» Dataset content
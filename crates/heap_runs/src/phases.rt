//! Workers that carry out the calls of their clients, each in a thread of its own.
ghost use Rattle.std.specs.Prelude.{◌≡◌, length, IfOk};
ghost use Rattle.std.specs.List.{All};
ghost use Rattle.heap_runs.specs.Heaps.{MayCall, shelf_id};
ghost use Rattle.heap_runs.specs.Walks.{AllWorked, MayWork, Worked};

use crate::heaps::{Ctx, SharedHeap};
use call_plan::Request;
use hook_api::{ExtentHooks, SharedShelf};
use std::alloc::{AllocError as NoMemory, Global};
use std::sync::Wait;
use std::thread;
use std::thread::Threads;

/// A client's part of a phase: its context, and what is asked of it, in order.
#[derive(Drop)]
pub struct Job {
    pub ctx: Ctx,
    pub requests: Vec<Request>,
}

impl SharedHeap {
    /// Carries the requests of a client out, one behind the other. Their answers are not kept.
    pub fn work<R: Wait, H: ExtentHooks>(
        &self,
        rt: &R,
        alloc: Global,
        shelf: &SharedShelf<H>,
        job: Job,
    ) -> Ctx
        requires job { MayWork shelf.now self.now job }
        ensures { Worked shelf.now self.now job.ctx job.requests.items result }
    {
        let Job { mut ctx, requests } = job;
        for i in 0..requests.len() {
            let _answer = self.call(rt, alloc, shelf, &mut ctx, &requests[i]);
        }
        ctx
    }

    /// Carries the requests of several clients out, each client's in a thread of its own where one can be made, and gives the
    /// contexts back in the order of the jobs. Where memory is wanting for the threads the contexts are given up.
    pub fn phase<R: Threads + Wait + Sync, H: ExtentHooks + Send>(
        &self,
        rt: &R,
        alloc: Global,
        shelf: &SharedShelf<H>,
        jobs: Vec<Job>,
    ) -> Result<Vec<Ctx>, NoMemory>
        requires jobs { All (MayWork shelf.now self.now) jobs.items }
        ensures count { IfOk result (λ ctxs. length ctxs.items ≡ length jobs.items) }
        ensures worked { IfOk result (λ ctxs. AllWorked shelf.now self.now jobs.items ctxs.items) }
        ensures may { IfOk result (λ ctxs. All (MayCall (shelf_id shelf.now) self.now) ctxs.items) }
    {
        let run = |job: Job| -> Ctx
            requires { MayWork shelf.now self.now job }
            ensures { Worked shelf.entry.now self.entry.now job.ctx job.requests.items result }
        { self.work(rt, alloc, shelf, job) };
        thread::map_vec(rt, jobs, &run)
    }
}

» About this exercise
Exactly the lines from the one with "Worked shelf.entry.now self.entry.now" through the final line of the entries are to be returned, both ends included.

» Result of the task
            ensures { Worked shelf.entry.now self.entry.now job.ctx job.requests.items result }
        { self.work(rt, alloc, shelf, job) };
        thread::map_vec(rt, jobs, &run)
    }
}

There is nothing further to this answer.